EXERCISE OBJECTIVE
Go through the data below. List every line that holds the word "again".

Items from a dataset
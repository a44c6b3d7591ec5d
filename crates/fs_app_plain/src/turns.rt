//! Whether one turn of a loop is as good as several.

ghost use Rattle.std.specs.Prelude.{All};
ghost use Rattle.fs_model.specs.Test.{IsBounded, IsStart};

use crate::lexemes::{Lexeme, word_at};
use crate::loops::Turn;
use crate::sheet::MOST_HARTS;
use fs_hart::Trace;
use fs_instr::{Instr, Reg};
use fs_kinds::Fault;
use fs_litmus_tokens::number_of;
use fs_model::{Step, Test};
use fs_values::all_runs;
use std::alloc::{AllocError, Global};
use thiserror::Error;

/// Why one turn of a loop may not be as good as several.
#[derive(Clone, Copy, Debug, Error)]
pub enum Doubt {
    #[error("P{hart}:{at} may store before it goes back")]
    Stores { hart: usize, at: u8 },
    #[error("x{0} may be read before a turn writes it again")]
    Reads(u8),
    #[error("an sc.w may be paired with an lr.w of the turn before")]
    Paired,
    #[error("it may begin behind the label")]
    Entered,
    #[error("its runs can't be listed")]
    Unlisted,
}

/// A loop of which one turn may not be as good as several: the branch that goes back, by its hart, its position and its
/// line.
#[derive(Clone, Copy)]
pub struct OneTurn {
    pub hart: usize,
    pub at: usize,
    pub line: usize,
    pub doubt: Doubt,
}

/// A set of registers, and maybe the reservation of an lr.w: what one instruction leaves for another.
#[derive(Clone, Copy)]
pub(crate) struct Registers {
    /// Bit n is 1 where register n is one of them, and bit 0 where the reservation is.
    bits: u32,
}

impl Registers {
    fn none() -> Registers {
        Registers { bits: 0 }
    }

    fn reservation() -> Registers {
        Registers { bits: 1 }
    }

    /// All registers.
    fn all() -> Registers {
        Registers { bits: u32::MAX - 1 }
    }

    /// The register alone; nothing of x0.
    fn only(register: Reg) -> Registers {
        let number = u32::from(register.number());
        Registers {
            bits: if 0 < number && number < 32 {
                1 << number
            } else {
                0
            },
        }
    }

    fn of(register: Option<Reg>) -> Registers {
        match register {
            Some(register) => Registers::only(register),
            None => Registers::none(),
        }
    }

    fn and(self, other: Registers) -> Registers {
        Registers {
            bits: self.bits | other.bits,
        }
    }

    fn without(self, other: Registers) -> Registers {
        Registers {
            bits: self.bits & !other.bits,
        }
    }

    /// What is doubtful where both have something: the reservation, or else the least register.
    fn doubt(self, other: Registers) -> Option<Doubt> {
        let bits = self.bits & other.bits;
        if bits & 1 == 1 {
            return Some(Doubt::Paired);
        }
        for number in 1..32_u8 {
            if bits >> number & 1 == 1 {
                return Some(Doubt::Reads(number));
            }
        }
        None
    }
}

/// What the instruction reads.
fn read_by(instr: &Instr) -> Registers {
    let [first, second] = instr.sources();
    let registers = Registers::of(first).and(Registers::of(second));
    match instr {
        Instr::Sc { .. } => registers.and(Registers::reservation()),
        _ => registers,
    }
}

/// What the instruction writes.
fn written_by(instr: &Instr) -> Registers {
    let registers = Registers::of(instr.dest());
    match instr {
        Instr::Lr { .. } => registers.and(Registers::reservation()),
        _ => registers,
    }
}

/// The registers of each hart that are read at its end: all; or those that the words of a text name from this lexeme
/// on. Linear in the lexemes.
pub(crate) fn read_at_end(
    alloc: Global,
    text: &[u8],
    lexemes: &[Lexeme],
    tail: usize,
    all: bool,
) -> Result<Vec<Registers>, AllocError> {
    let before = if all {
        Registers::all()
    } else {
        Registers::none()
    };
    let mut found = Vec::from_array(alloc, [before; MOST_HARTS])?;
    for number in tail..lexemes.len() {
        let register = Reg::of(word_at(text, lexemes, number.saturating_add(2)));
        if word_at(text, lexemes, number.saturating_add(1)) == ":" {
            if let Some(hart) = number_of(word_at(text, lexemes, number)) {
                let hart = hart as usize;
                if hart < found.len() {
                    found[hart] = found[hart].and(Registers::of(register));
                }
            }
        }
    }
    Ok(found)
}

/// The code of a hart with loops: its instructions, and its branches that go back.
#[derive(Clone, Copy)]
struct HartCode<'a> {
    hart: usize,
    instructions: &'a [Instr],
    turns: &'a [Turn],
}

impl<'a> HartCode<'a> {
    /// Where the branch at this position goes, whose target in the code is this.
    fn target(self, at: usize, target: u8) -> usize {
        for turn in self.turns {
            if turn.hart == self.hart && turn.at == at {
                return turn.to;
            }
        }
        usize::from(target)
    }

    /// The registers that may be read behind the instruction before they are written, where these are those of each
    /// position.
    fn read_behind(self, live: &[Registers], at: usize, instr: &Instr) -> Registers {
        let next = live_at(live, at.saturating_add(1));
        match instr {
            Instr::Branch { target, .. } => next.and(live_at(live, self.target(at, *target))),
            Instr::Jump { target } => live_at(live, self.target(at, *target)),
            _ => next,
        }
    }

    /// The registers that may be read from the instruction on before they are written.
    fn read_from(self, live: &[Registers], at: usize, instr: &Instr) -> Registers {
        let behind = self.read_behind(live, at, instr);
        behind.without(written_by(instr)).and(read_by(instr))
    }

    /// Goes once through the code, from its end on. Was nothing new found?
    fn go_through(self, live: &mut [Registers]) -> bool {
        let mut is_done = true;
        for before in 0..self.instructions.len() {
            let at = self.instructions.len() - 1 - before;
            let found = self.read_from(live, at, &self.instructions[at]);
            if at < live.len() && live[at].bits != found.bits {
                live[at] = found;
                is_done = false;
            }
        }
        is_done
    }

    /// The registers that may be read from each position on before they are written, where these are read at the end.
    fn live(self, alloc: Global, at_end: Registers) -> Result<Vec<Registers>, AllocError> {
        let mut live = Vec::new(alloc);
        for _ in self.instructions {
            live.push(Registers::none())?;
        }
        live.push(at_end)?;
        // each time through it passes one more branch that goes back
        for _ in 0..live.len() {
            if self.go_through(&mut live) {
                return Ok(live);
            }
        }
        Ok(live)
    }

    /// What the instructions of a turn write.
    fn written_in(self, turn: Turn) -> Registers {
        let mut written = Registers::none();
        for at in turn.to..turn.at {
            if let Some(instr) = self.instructions.get(at) {
                written = written.and(written_by(instr));
            }
        }
        written
    }
}

fn live_at(live: &[Registers], at: usize) -> Registers {
    match live.get(at) {
        Some(registers) => *registers,
        None => Registers::none(),
    }
}

/// Does the step store another word than it loads?
fn changes(step: &Step) -> bool {
    match (step.stored, step.loaded) {
        (Some(stored), Some(loaded)) => stored != loaded,
        (Some(_), None) => true,
        (None, _) => false,
    }
}

/// What is doubtful in a run that goes back there; nothing where it doesn't.
fn doubt_in(turn: Turn, steps: &[Step]) -> Option<Doubt> {
    let last = steps.len().saturating_sub(1);
    if usize::from(steps.get(last)?.at) != turn.at {
        return None;
    }
    let mut is_whole = false;
    for step in steps {
        let at = usize::from(step.at);
        if at == turn.to {
            is_whole = true;
        }
        if turn.to <= at && changes(step) {
            return Some(Doubt::Stores {
                hart: turn.hart,
                at: step.at,
            });
        }
    }
    if is_whole { None } else { Some(Doubt::Entered) }
}

/// What is doubtful in one of the runs.
fn doubt_in_runs(turn: Turn, runs: &[Trace]) -> Option<Doubt> {
    for run in runs {
        if let Some(doubt) = doubt_in(turn, run.steps()) {
            return Some(doubt);
        }
    }
    None
}

/// What is doubtful of the loop: what its turns hand on, or what its runs do.
fn doubt_of(code: HartCode<'_>, live: &[Registers], turn: Turn, runs: &[Trace]) -> Option<Doubt> {
    match code.written_in(turn).doubt(live_at(live, turn.to)) {
        Some(doubt) => Some(doubt),
        None => doubt_in_runs(turn, runs),
    }
}

fn one_turn(turn: Turn, doubt: Doubt) -> OneTurn {
    OneTurn {
        hart: turn.hart,
        at: turn.at,
        line: turn.line,
        doubt,
    }
}

/// The loops of the hart of which one turn may not be as good as several.
fn doubts_of_hart(
    alloc: Global,
    code: HartCode<'_>,
    at_end: Registers,
    runs: &[Trace],
) -> Result<Vec<OneTurn>, AllocError> {
    let mut found = Vec::new(alloc);
    let live = code.live(alloc, at_end)?;
    for turn in code.turns {
        if turn.hart == code.hart {
            if let Some(doubt) = doubt_of(code, &live, *turn, runs) {
                found.push(one_turn(*turn, doubt))?;
            }
        }
    }
    Ok(found)
}

/// All loops, since runs can't be listed.
fn unlisted(alloc: Global, turns: &[Turn]) -> Result<Vec<OneTurn>, AllocError> {
    let mut found = Vec::new(alloc);
    for turn in turns {
        found.push(one_turn(*turn, Doubt::Unlisted))?;
    }
    Ok(found)
}

/// The loops of which one turn may not be as good as several, of a test in which each of these branches goes behind its
/// hart's code. One is as good where a turn that goes back began at the label, stores nothing but what it loaded, and
/// writes no register that may be read behind the branch, be it at the end, before it is written again; a reservation is
/// as a register here.
///
/// Linear in the runs of the test, whose listing costs what `all_runs` does.
pub(crate) fn doubtful(
    alloc: Global,
    test: &Test,
    turns: &[Turn],
    at_end: &[Registers],
) -> Result<Vec<OneTurn>, AllocError>
    requires test { IsBounded test.now }
    requires starts { All IsStart test.now.starts }
{
    let runs = match all_runs(alloc, test) {
        Ok(runs) => runs,
        Err(Fault::Memory) => return Err(AllocError),
        Err(_) => return unlisted(alloc, turns),
    };
    let mut found = Vec::new(alloc);
    for (hart, instructions) in test.codes.as_slice().iter().enumerate() {
        if let (Some(runs), Some(at_end)) = (runs.get(hart), at_end.get(hart)) {
            let code = HartCode {
                hart,
                instructions: instructions.as_slice(),
                turns,
            };
            for doubt in doubts_of_hart(alloc, code, *at_end, runs.as_slice())? {
                found.push(doubt)?;
            }
        }
    }
    Ok(found)
}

RESULT OF THE EXERCISE
    #[error("x{0} may be read before a turn writes it again")]
/// writes no register that may be read behind the branch, be it at the end, before it is written again; a reservation is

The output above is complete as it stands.